Dutch cow's milk cheese

Kanterkaas is a Dutch yellow cheese made from cow's milk. Apart from the plain variety, there is Kanterkomijnekaas which is flavored with cumin and Kanternagelkaas flavored with both cumin and cloves. Kanter is Dutch for 'edge' and refers to the sharp angle at the point where the side of the cheese wheel meets the base. It was granted a Protected Designation of Origin by the European Union in 2000 and may only be produced in the province of Friesland and the Westerkwartier area. The unprotected name Frisian clove cheese (Friese nagelkaas, or simply Nagelkaas) is commonly used for other Dutch cheeses which are similar to Kanternagelkaas.

== History ==
Due to the cold climate of the northern regions, dairy farming in the Netherlands originally amassed in Friesland and the Westerkwartier. Trading of Kanterkaas was documented in 1386 in Leeuwarden, and continued throughout the fifteenth and sixteenth century. In 1532, records show Kanterkaas being exported to Germany and England.

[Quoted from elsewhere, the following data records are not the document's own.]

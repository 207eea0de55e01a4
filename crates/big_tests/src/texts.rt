//! Whole texts, of which each was written down by hand from the draws.

use big_case::text;
use edit_script::{ScriptErr, read as read_script};
use nc_base::{NcText, NoMemory};
use p21_lex::MAX_TEXT;
use p21_parse::{Exchange, ReadErr, read};
use p21_print::{PrintErr, print};
use std::alloc::{AllocError, Global};
use std::fmt::Debug;
use std::process::Abort;
use std::test::Fail;

// What every project begins with.
const FRONT: &[u8] = b"\
    ISO-10303-21;\n\
    HEADER;\n\
    FILE_DESCRIPTION((''),'2;1');\n\
    FILE_NAME('','',(''),(''),'','','');\n\
    FILE_SCHEMA((''));\n\
    ENDSEC;\n\
    DATA;\n\
    #1=CHANNEL('0');\n\
    #2=CHANNEL('1');\n\
    #3=CHANNEL('2');\n\
    #4=PROJECT('big',#5);\n\
    #5=WORKPLAN('main',(#6),$);\n\
    #6=PARALLEL('p',(#7,#8,#9));\n\
";

// The workplans of one workingstep, and of three.
const ALONE: &[u8] = b"\
    #7=WORKPLAN('w',(#1000,#10),#1);\n\
    #8=WORKPLAN('w',(#12,#11),#2);\n\
    #9=WORKPLAN('w',(#13),#3);\n\
";

const THREE: &[u8] = b"\
    #7=WORKPLAN('w',(#1000,#10),#1);\n\
    #8=WORKPLAN('w',(#12,#1020,#11),#2);\n\
    #9=WORKPLAN('w',(#1040,#13),#3);\n\
";

// What all workingsteps share.
const SHARED: &[u8] = b"\
    #10=SET_MARK('m');\n\
    #11=SET_MARK('m');\n\
    #12=WAIT_FOR_MARK('m',#10);\n\
    #13=WAIT_FOR_MARK('m',#11);\n\
    #20=PLANE('',#21);\n\
    #21=AXIS2_PLACEMENT_3D('',#22,$,$);\n\
    #22=CARTESIAN_POINT('',(0.,0.,30.));\n\
    #30=MILLING_CUTTING_TOOL('t',#31);\n\
    #31=ENDMILL(#32);\n\
    #32=MILLING_TOOL_DIMENSION(10.);\n\
    #33=MILLING_TECHNOLOGY(0.04,$,$,20.);\n\
";

// From 0 on the draws are 0, 21468, 9988, 22117, and then 3498, 16927, 16045, 19741, and 12122, 8410, 12261, 27052: a hole, a hole, a face.
const FIRST_OF_0: &[u8] = b"\
    #1000=MACHINING_WORKINGSTEP('s',#20,#1001,#1002);\n\
    #1001=ROUND_HOLE('f',$,(),#1003,#1005,10.);\n\
    #1002=DRILLING($,$,'o',5.,$,#30,#33);\n\
    #1003=AXIS2_PLACEMENT_3D('',#1004,$,$);\n\
    #1004=CARTESIAN_POINT('',(468.,988.,0.));\n\
    #1005=PLANE('',#1006);\n\
    #1006=AXIS2_PLACEMENT_3D('',#1007,$,$);\n\
    #1007=CARTESIAN_POINT('',(0.,0.,-18.));\n\
";

const OTHERS_OF_0: &[u8] = b"\
    #1020=MACHINING_WORKINGSTEP('s',#20,#1021,#1022);\n\
    #1021=ROUND_HOLE('f',$,(),#1023,#1025,10.);\n\
    #1022=DRILLING($,$,'o',5.,$,#30,#33);\n\
    #1023=AXIS2_PLACEMENT_3D('',#1024,$,$);\n\
    #1024=CARTESIAN_POINT('',(927.,45.,0.));\n\
    #1025=PLANE('',#1026);\n\
    #1026=AXIS2_PLACEMENT_3D('',#1027,$,$);\n\
    #1027=CARTESIAN_POINT('',(0.,0.,-42.));\n\
    #1040=MACHINING_WORKINGSTEP('s',#20,#1041,#1042);\n\
    #1041=PLANAR_FACE('f',$,(),#1043,#1045,#1048,#1049);\n\
    #1042=PLANE_ROUGH_MILLING($,$,'o',5.,$,#30,#33,$,$,$,$,$,5.,$);\n\
    #1043=AXIS2_PLACEMENT_3D('',#1044,$,$);\n\
    #1044=CARTESIAN_POINT('',(410.,261.,0.));\n\
    #1045=PLANE('',#1046);\n\
    #1046=AXIS2_PLACEMENT_3D('',#1047,$,$);\n\
    #1047=CARTESIAN_POINT('',(0.,0.,-3.));\n\
    #1048=LINEAR_PATH($,100.,#1050);\n\
    #1049=LINEAR_PROFILE($,50.);\n\
    #1050=DIRECTION('',(1.,0.,0.));\n\
";

// From 7 on they are 19564, 9806, 10868, 22674, and then 32531, 3365, 32034, 31790, and 7985, 10913, 11213, 25363: a pocket, a face, a face.
const FIRST_OF_7: &[u8] = b"\
    #1000=MACHINING_WORKINGSTEP('s',#20,#1001,#1002);\n\
    #1001=CLOSED_POCKET('f',$,(),#1003,#1005,(),$,$,$,$,#1008);\n\
    #1002=BOTTOM_AND_SIDE_ROUGH_MILLING($,$,'o',5.,$,#30,#33,$,$,$,$,$,5.,4.,$,$);\n\
    #1003=AXIS2_PLACEMENT_3D('',#1004,$,$);\n\
    #1004=CARTESIAN_POINT('',(806.,868.,0.));\n\
    #1005=PLANE('',#1006);\n\
    #1006=AXIS2_PLACEMENT_3D('',#1007,$,$);\n\
    #1007=CARTESIAN_POINT('',(0.,0.,-25.));\n\
    #1008=RECTANGULAR_CLOSED_PROFILE($,40.,20.);\n\
";

const OTHERS_OF_7: &[u8] = b"\
    #1020=MACHINING_WORKINGSTEP('s',#20,#1021,#1022);\n\
    #1021=PLANAR_FACE('f',$,(),#1023,#1025,#1028,#1029);\n\
    #1022=PLANE_ROUGH_MILLING($,$,'o',5.,$,#30,#33,$,$,$,$,$,5.,$);\n\
    #1023=AXIS2_PLACEMENT_3D('',#1024,$,$);\n\
    #1024=CARTESIAN_POINT('',(365.,34.,0.));\n\
    #1025=PLANE('',#1026);\n\
    #1026=AXIS2_PLACEMENT_3D('',#1027,$,$);\n\
    #1027=CARTESIAN_POINT('',(0.,0.,-41.));\n\
    #1028=LINEAR_PATH($,100.,#1030);\n\
    #1029=LINEAR_PROFILE($,50.);\n\
    #1030=DIRECTION('',(1.,0.,0.));\n\
    #1040=MACHINING_WORKINGSTEP('s',#20,#1041,#1042);\n\
    #1041=PLANAR_FACE('f',$,(),#1043,#1045,#1048,#1049);\n\
    #1042=PLANE_ROUGH_MILLING($,$,'o',5.,$,#30,#33,$,$,$,$,$,5.,$);\n\
    #1043=AXIS2_PLACEMENT_3D('',#1044,$,$);\n\
    #1044=CARTESIAN_POINT('',(913.,213.,0.));\n\
    #1045=PLANE('',#1046);\n\
    #1046=AXIS2_PLACEMENT_3D('',#1047,$,$);\n\
    #1047=CARTESIAN_POINT('',(0.,0.,-14.));\n\
    #1048=LINEAR_PATH($,100.,#1050);\n\
    #1049=LINEAR_PROFILE($,50.);\n\
    #1050=DIRECTION('',(1.,0.,0.));\n\
";

const END: &[u8] = b"ENDSEC;\nEND-ISO-10303-21;\n";

// Steps, start, and the parts of the project's text.
const PROJECTS: &[(u32, u32, &[&[u8]])] = &[
    (1, 0, &[FRONT, ALONE, SHARED, FIRST_OF_0, END]),
    (1, 7, &[FRONT, ALONE, SHARED, FIRST_OF_7, END]),
    (3, 0, &[FRONT, THREE, SHARED, FIRST_OF_0, OTHERS_OF_0, END]),
    (3, 7, &[FRONT, THREE, SHARED, FIRST_OF_7, OTHERS_OF_7, END]),
];

// Steps, start, and the script: below ten workingsteps there is none. Behind the draws of 10 workingsteps from 0 on come 23479, 9992; of 20 from 7 on 10483, 7265, 2587, 20235.
const SCRIPTS: &[(u32, u32, &[u8])] = &[
    (1, 0, b""),
    (9, 7, b""),
    (
        10,
        0,
        b"\
        EDIT AT 0; #1187=CARTESIAN_POINT('',(0.,0.,-43.)); ENDEDIT;\n\
    ",
    ),
    (
        20,
        7,
        b"\
        EDIT AT 0; #1067=CARTESIAN_POINT('',(0.,0.,-16.)); ENDEDIT;\n\
        EDIT AT 20; #1147=CARTESIAN_POINT('',(0.,0.,-36.)); ENDEDIT;\n\
    ",
    ),
];

/// Parts one behind the other.
fn joined(alloc: Global, parts: &[&[u8]]) -> Result<Vec<u8>, AllocError> {
    let mut text = Vec::new(alloc);
    for part in parts {
        text.extend_from_slice(part)?;
    }
    Ok(text)
}

/// The two texts. It promises nothing, so that its callers are proved without what `text` promises.
fn texts(
    rt: &impl Abort,
    alloc: Global,
    steps: u32,
    start: u32,
) -> Result<(NcText, NcText), NoMemory> {
    assert!(rt; 1 <= steps && steps <= 1_000 && start <= 9_999_999);
    text(alloc, steps, start)
}

/// What a text holds, or why it is refused.
fn read_text(rt: &impl Abort, alloc: Global, text: &[u8]) -> Result<Exchange, ReadErr> {
    assert!(rt; text.len() <= MAX_TEXT as usize);
    read(alloc, text)
}

/// How many edits a script has, or why it is refused.
fn edit_count(rt: &impl Abort, alloc: Global, text: &[u8]) -> Result<u32, ScriptErr> {
    assert!(rt; text.len() <= MAX_TEXT as usize);
    Ok(read_script(alloc, text)?.len())
}

/// What is printed.
fn printed(alloc: Global, exchange: &Exchange) -> Result<Vec<u8>, PrintErr> {
    print(alloc, exchange)
}

/// Stops unless the two are equal.
fn expect<T: PartialEq + Debug + Drop>(rt: &impl Abort, found: T, wanted: T) {
    assert_eq!(rt; found, wanted);
}

#[test]
fn projects_are_those_of_the_draws(rt: HostRuntime) -> Result<(), Fail> {
    for (steps, start, parts) in PROJECTS {
        let (project, _) = texts(&rt, rt.alloc(), *steps, *start)?;
        let wanted = joined(rt.alloc(), *parts)?;
        expect(&rt, project.bytes(), wanted.as_slice());
    }
    Ok(())
}

#[test]
fn scripts_are_those_of_the_draws_behind(rt: HostRuntime) -> Result<(), Fail> {
    for (steps, start, wanted) in SCRIPTS {
        let (_, script) = texts(&rt, rt.alloc(), *steps, *start)?;
        expect(&rt, script.bytes(), *wanted);
    }
    Ok(())
}

// Of 1,000 workingsteps there are the 20 instances that all share, and between 8,000 and 11,000 of their own.
#[test]
fn what_is_written_is_read_again(rt: HostRuntime) -> Result<(), Fail> {
    for (steps, start) in [(1, 0), (30, 7), (1_000, 9_999_999)] {
        let (project, script) = texts(&rt, rt.alloc(), steps, start)?;
        let exchange = read_text(&rt, rt.alloc(), project.bytes())?;
        let count = exchange.items.len();
        assert!(rt;
            20 + 8 * steps <= count && count <= 20 + 11 * steps,
            "{count} instances"
        );
        expect(
            &rt,
            printed(rt.alloc(), &exchange)?.as_slice(),
            project.bytes(),
        );
        expect(
            &rt,
            edit_count(&rt, rt.alloc(), script.bytes())?,
            steps / 10,
        );
    }
    Ok(())
}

In 1725, a regulation law was passed to ensure no cheese was named Kanterkaas unless traditional spices were used in the production process – although this was later revoked. During the nineteenth century industrial revolution and a contemporary gain in popularity of Kanterkaas in England, cheese production in Friesland increased. It soon became the highest-produced cheese in the area. In 1890, milk and cheese production and processing began industrially in Friesland factories. Today, Friesland and Westkwartier continue to be the only permitted producers of Kanterkaas in the Netherlands.

== Production ==
Kanterkaas has a flat cylindrical shape. The edge between the side and the base is sharp, but rounded between the side and the top. Each cheese can weigh between 3 kg to 8.5 kg.

The cheese is made in two fat content categories: 20+ and 40+. 20+ Kanterkaas contains a minimum of 20% and a maximum of 25% of fat in the dry matter. Twelve days after production, it must have a humidity content of not more than 48.5%. 40+ Kanterkaas has a fat content of 40–44% in the dry matter. Twelve days after production, it must have a humidity content of not more than 41.5%. The rind of Kanterkaas and Kanternagelkaas may be 'natural' or treated with a colorless or yellow coating material. In addition to these a red coating material may be used for Kanterkomijnekaas.

== Taste ==
The taste of the cheese changes noticeably as it ages. Plain kanterkaas has a pleasant and sharp to strong flavor. Kanterkomijnekaas is fragrant, flavored, pleasant and mild to strong. Kanternagelkaas tastes fragrant, flavored, pleasant and sharp to strong.